One Solitary Moment

Finally Accepting

Growing up my dad used to tell me and my younger brother that we needed to have a boy to carry on the family name. He would tell the story of how his dad had him the same month as Grandpa’s 30th birthday, and how he had my younger brother 30 years later. He would always tell my bro that he needed to carry on the family tradition. Coaxing him into conceiving at the exact time. Well my younger brother went on to have 3 sons.

This morning I was settling into my yoga practice and I started thinking about this dialogue. Recently letters went out to family and friends that we have listed in our living trust.  Recently we worked with this amazing group called Angel Advocates to create an estate plan. Our friends and family were notified if they were assigned responsibilities if we were to somehow leave this earth early. This was a huge ginormous task to start preparing for Theo’s care forever.

I had this thought about having posterity inherit all that I am trying to build and I started to think about how Theo will likely never have his own kids. This thought sent me into an anxiety attack. I couldn’t breathe. The room was spinning. I had the urge to run out of the yoga room and throw up. 

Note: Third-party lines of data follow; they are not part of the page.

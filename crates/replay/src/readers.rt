//! Readers and normalisers, by what they read.

use crate::calls::{
    Count, Normal, count_of, normal_of, placed, refusal_by, same_normal, strict_of,
};
use crate::mismatch::Mismatch;
use std::alloc::Global;
use wasm_encoder::reader::Refusal;
use wasm_encoder::{
    CodeSection, Instructions, Module, TypeSection, normalise_code_section, normalise_instructions,
    normalise_module, normalise_type_section, rewrite_module,
};

/// Runs the reader.
pub fn read(alloc: Global, what: &str, input: &[u8]) -> Result<Count, Mismatch> {
    match what {
        "calls" => count_of::<Instructions>(alloc, input),
        "types" => count_of::<TypeSection>(alloc, input),
        "code" => count_of::<CodeSection>(alloc, input),
        "module" => count_of::<Module>(alloc, input),
        _ => Err(Mismatch::NotUnderstood),
    }
}

/// Why and where the reader refuses the bytes, if it does.
pub fn refusal(alloc: Global, what: &str, input: &[u8]) -> Result<Option<Refusal>, Mismatch> {
    match what {
        "calls" => refusal_by::<Instructions>(alloc, input),
        "types" => refusal_by::<TypeSection>(alloc, input),
        "code" => refusal_by::<CodeSection>(alloc, input),
        "module" | "sections" => refusal_by::<Module>(alloc, input),
        _ => Err(Mismatch::NotUnderstood),
    }
}

/// Runs the strict reader and the check.
pub fn read_strictly(alloc: Global, what: &str, input: &[u8]) -> Result<Count, Mismatch> {
    match what {
        "calls" => strict_of::<Instructions>(alloc, input),
        "types" => strict_of::<TypeSection>(alloc, input),
        "code" => strict_of::<CodeSection>(alloc, input),
        "module" => strict_of::<Module>(alloc, input),
        _ => Err(Mismatch::NotUnderstood),
    }
}

/// Runs the normalisers, by their own names and by the type, into new memory and in place.
pub fn normalise(alloc: Global, what: &str, input: &[u8]) -> Result<Normal, Mismatch> {
    match what {
        "calls" => same_normal(
            normalise_instructions(alloc, input),
            normal_of::<Instructions>(alloc, input)?,
        ),
        "types" => same_normal(
            normalise_type_section(alloc, input),
            normal_of::<TypeSection>(alloc, input)?,
        ),
        "code" => same_normal(
            normalise_code_section(alloc, input),
            normal_of::<CodeSection>(alloc, input)?,
        ),
        _ => normal_of_module(alloc, input),
    }
}

/// Runs the normaliser of a module, of its type section and of its code section. It rewrites more than that of
/// `Module`, which is for sizes alone.
fn normal_of_module(alloc: Global, input: &[u8]) -> Result<Normal, Mismatch> {
    let copy = Vec::from_slice(alloc, input)?;
    let rewritten = placed(rewrite_module(copy))?;
    same_normal(normalise_module(alloc, input), rewritten)
}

But I focused on breathing through my nostrils, and breathing all the way down to my deepest gut. Slowing my breathe down, and it calmed me down. I went home and told Angela the story. She was surprised that I hadn’t really ever thought about this before. She said: “You really have never had to deal with this thought and the emotions that are birthed from this thought?” I guess I never have fully accepted that Theo might live with me forever, and that he likely will never give me grandkids. I don’t think this is something that I can process in just one solitary moment.

All I know is that all I can focus on is this moment in time where I can do all I can to help make Theo’s life experience a little better for him and everyone that supports him. Thank God for Yoga. Because today I needed the therapy.